L’accord conclu en début d’année entre le Qatar et les États arabes voisins, mettant fin officiellement aux quatre années de crise dans le Golfe, est un élément clé de ce changement.

Lors du blocus, la Turquie a envoyé le ravitaillement nécessaire et des forces de sécurité au Qatar, améliorant sa capacité à résister à l’isolement imposé par l’Arabie saoudite, les EAU et leurs alliés.

En mettant fin au blocus, l’accord de janvier a éliminé l’un des principaux éléments conflictuels entre Ankara et Abou Dabi. Aujourd’hui, après dix ans de visions opposées et de rivalités régionales, la visite de MBZ en Turquie pourrait préfigurer une nouvelle ère, définie par la coopération plutôt que la confrontation. 

Mais qu’est-ce qui a provoqué cet apparent revirement à Ankara ?

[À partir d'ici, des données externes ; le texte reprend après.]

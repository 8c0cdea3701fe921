//! Runs of bytes, which are copied and moved whole.
ghost use Rattle.std.specs.Prelude.{◌≡◌, ◌≤◌, ◌<◌, ◌^◌, ◌++◌, take, drop, length, IfOk, OnOk};
ghost use Rattle.plain_machine.specs.Transfers.Files.{bytes_from, filled, overwritten, with_piece};

use std::alloc::{AllocError, Global};
use std::mem;
use views::list_of::ListOf;

/// A copy of the first bytes, at most so many.
pub(crate) fn first_bytes(
    alloc: Global,
    bytes: &[u8],
    count: usize,
) -> Result<ListOf<u8>, AllocError>
    ensures copy { IfOk result (λ copy. copy ≡ take count bytes.now) }
    ensures few { IfOk result (λ copy. length copy ≤ count) }
{
    let end = count.min(bytes.len());
    Ok(ListOf::from_vec(Vec::from_slice(alloc, &bytes[..end])?))
}

/// The bytes from a place on, at most so many.
pub(crate) fn piece_at(bytes: &[u8], place: usize, count: usize) -> &[u8]
    ensures { result.now ≡ bytes_from bytes.now place count }
{
    let start = place.min(bytes.len());
    let length = count.min(bytes.len() - start);
    &bytes[start..start + length]
}

/// Takes the first items out of a list, at most so many. Takes no memory.
pub(crate) fn drop_first<T: Drop>(list: &mut ListOf<T>, alloc: Global, count: usize)
    ensures { list.new ≡ drop count list.old }
{
    let mut items = mem::replace(list, ListOf::new(alloc)).into_vec();
    drop_front(&mut items, count);
    *list = ListOf::from_vec(items);
}

fn drop_front<T: Drop>(items: &mut Vec<T>, count: usize)
    ensures { items.new.items ≡ drop count items.old.items }
{
    let gone = count.min(items.len());
    let kept = items.len() - gone;
    items.rotate_left(gone);
    items.truncate(kept);
}

/// Appends bytes to a list. After want of memory it may hold any.
pub(crate) fn append(list: &mut ListOf<u8>, alloc: Global, bytes: &[u8]) -> Result<(), AllocError>
    ensures { OnOk result (list.new ≡ list.old ++ bytes.now) }
{
    let mut items = mem::replace(list, ListOf::new(alloc)).into_vec();
    items.extend_from_slice(bytes)?;
    *list = ListOf::from_vec(items);
    Ok(())
}

/// Puts a piece in its place over what is there and past the end; zeros fill a gap before it. After want of
/// memory the list may hold any bytes.
pub(crate) fn put_piece(
    list: &mut ListOf<u8>,
    alloc: Global,
    place: usize,
    piece: &[u8],
) -> Result<(), AllocError>
    requires { place < 2 ^ 32 }
    ensures { OnOk result (list.new ≡ with_piece list.old place piece.now) }
{
    let mut items = mem::replace(list, ListOf::new(alloc)).into_vec();
    put_into(&mut items, place, piece)?;
    *list = ListOf::from_vec(items);
    Ok(())
}

fn put_into(bytes: &mut Vec<u8>, place: usize, piece: &[u8]) -> Result<(), AllocError>
    requires { place < 2 ^ 32 }
    ensures { OnOk result (bytes.new.items ≡ with_piece bytes.old.items place piece.now) }
{
    if place > bytes.len() {
        append_at(bytes, place, piece)
    } else {
        overwrite(bytes, place, piece)
    }
}

/// Fills up to a place past the end with zeros, and appends the piece.
fn append_at(bytes: &mut Vec<u8>, place: usize, piece: &[u8]) -> Result<(), AllocError>
    requires before { length bytes.old.items ≤ place }
    requires fits { place < 2 ^ 32 }
    ensures { OnOk result (bytes.new.items ≡ filled place bytes.old.items ++ piece.now) }
{
    bytes.reserve(place - bytes.len() + piece.len())?;
    bytes.resize(place, 0)?;
    bytes.extend_from_slice(piece)
}

/// Writes over the bytes from a place within them or at their end, and appends the rest of the piece.
fn overwrite(bytes: &mut Vec<u8>, place: usize, piece: &[u8]) -> Result<(), AllocError>
    requires { place ≤ length bytes.old.items }
    ensures { OnOk result (bytes.new.items ≡ overwritten place piece.now bytes.old.items) }
{
    let kept = piece.len().min(bytes.len() - place);
    bytes.extend_from_slice(&piece[kept..])?;
    bytes[place..place + kept].copy_from_slice(&piece[..kept]);
    Ok(())
}
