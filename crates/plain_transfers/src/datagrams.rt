//! Messages of datagram pairs.
ghost use Rattle.std.specs.Prelude.{◌≡◌, ◌≤◌, ◌∷◌, ◌++◌, [], List, length, drop, IfOk, OnOk};
ghost use Rattle.sys_abi.specs.declared.transfer.TheConstants.{TRANSFER_LIMIT};
ghost use Rattle.plain_machine.specs.OfPlainTables.Tables.{changed_at};
ghost use Rattle.plain_machine.specs.Answers.{RowTold, KeepsUnlessGives};
ghost use Rattle.plain_machine.specs.Transfers.Datagrams as words;

use crate::bytes::{drop_first, first_bytes};
use crate::moving::gift;
use id_maps::ByDesc;
use plain_machine::PlainKernel;
use plain_machine::plain_tables::answer::{Attempt, RowResult};
use std::alloc::{AllocError, Global};
use sys_abi::DescId;
use sys_abi::errors::{ECONNREFUSED, EMSGSIZE};
use views::list_of::ListOf;

/// A message has at most so many bytes.
const MESSAGE_LIMIT: u32 = 4096;

/// So many messages wait at an end at most.
const INBOX_LIMIT: usize = 64;

/// Whether a read at an end of a pair has an answer yet.
pub fn has_message(kernel: &PlainKernel, end: DescId, peer: DescId) -> bool
    ensures { result ≡ words.has_message kernel.now end peer }
{
    message_count(kernel, end) > 0 || !kernel.inboxes.contains_key(peer)
}

/// Whether a write of so many bytes to the other end has an answer yet.
pub fn takes_message(kernel: &PlainKernel, peer: DescId, count: u32) -> bool
    ensures { result ≡ words.takes_message kernel.now peer count }
{
    count > MESSAGE_LIMIT
        || !kernel.inboxes.contains_key(peer)
        || message_count(kernel, peer) < INBOX_LIMIT
}

fn message_count(kernel: &PlainKernel, end: DescId) -> usize
    ensures { result ≡ length (words.messages_at kernel.now end) }
{
    match kernel.inboxes.get(end) {
        Some(messages) => messages.len(),
        None => 0,
    }
}

/// A read of the first message, cut to so many bytes.
#[tactic(auto, unfolding(plain_machine::specs::Transfers::Datagrams::read_message))]
pub fn read_message(kernel: &mut PlainKernel, alloc: Global, end: DescId, count: u32) -> RowResult
    requires { count ≤ TRANSFER_LIMIT }
    ensures row { IfOk result (RowTold (words.read_message kernel.old end count) kernel.new) }
    ensures kept { IfOk result (λ attempt. KeepsUnlessGives attempt kernel.old kernel.new) }
{
    let Some(messages) = kernel.inboxes.get(end) else {
        return Ok(gift(ListOf::new(alloc)));
    };
    let Some((message, _)) = messages.as_slice().split_first() else {
        return Ok(gift(ListOf::new(alloc)));
    };
    let bytes = first_bytes(alloc, message.as_slice(), count as usize)?;
    drop_message(&mut kernel.inboxes, alloc, end);
    Ok(gift(bytes))
}

fn drop_message(inboxes: &mut ByDesc<ListOf<ListOf<u8>>>, alloc: Global, end: DescId)
    ensures { inboxes.new ≡ changed_at inboxes.old end (drop 1) }
{
    if let Some(messages) = inboxes.get_mut(end) {
        drop_first(messages, alloc, 1);
    }
}

/// A write of these bytes, by a thread that asks for so many, to the other end.
#[tactic(auto, unfolding(plain_machine::specs::Transfers::Datagrams::write_message, plain_process::specs::Attempts::and_then, plain_process::specs::Attempts::need, plain_process::specs::Attempts::found))]
pub fn write_message(
    kernel: &mut PlainKernel,
    alloc: Global,
    peer: DescId,
    count: u32,
    given: &[u8],
) -> RowResult
    ensures row { IfOk result (RowTold (words.write_message kernel.old peer count given.now) kernel.new) }
    ensures kept { IfOk result (λ attempt. KeepsUnlessGives attempt kernel.old kernel.new) }
{
    if count > MESSAGE_LIMIT {
        return Ok(Attempt::fails(EMSGSIZE));
    }
    let Some(_) = kernel.inboxes.get(peer) else {
        return Ok(Attempt::fails(ECONNREFUSED));
    };
    let message = first_bytes(alloc, given, count as usize)?;
    let length = message.len() as u32;
    push_message(&mut kernel.inboxes, peer, message)?;
    Ok(Attempt::value(alloc, length))
}

fn push_message(
    inboxes: &mut ByDesc<ListOf<ListOf<u8>>>,
    end: DescId,
    message: ListOf<u8>,
) -> Result<(), AllocError>
    ensures { OnOk result (inboxes.new ≡ changed_at inboxes.old end (λ messages. messages ++ message ∷ [])) }
{
    match inboxes.get_mut(end) {
        None => Ok(()),
        Some(messages) => messages.push(message),
    }
}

Des milliards d’investissements

Par ailleurs, la Turquie et les Émirats ont peut-être réalisé que ni l’un ni l’autre ne retirait d’avantage à cette confrontation régionale. Lorsque la Turquie est intervenue en Libye pour soutenir le gouvernement reconnu par l’ONU à Tripoli alors que les EAU soutenaient le général Khalifa Haftar, une impasse militaire s’est installée.

Poignée de main entre le président turc Recep Tayyip Erdoğan et MBZ à Ankara, le 24 novembre 2021 (AFP)
Poignée de main entre le président turc Recep Tayyip Erdoğan et MBZ à Ankara, le 24 novembre 2021 (AFP)

Un processus politique est désormais en cours, des élections sont à venir en décembre et, bien qu’imparfaites, elles pourraient engager le pays sur la voie de la stabilité.

S’il y a toujours un risque de résurgence de la guerre civile, la Turquie tient à la survie du gouvernement et les EAU n’ont rien à gagner à jouer la mouche du coche.

L’intervention turque tient également à distance toute influence russe, ce que préfère Washington, une incitation supplémentaire pour les EAU afin de parvenir à un accord avec la Turquie plutôt que d’essayer de saper ses efforts en Libye. 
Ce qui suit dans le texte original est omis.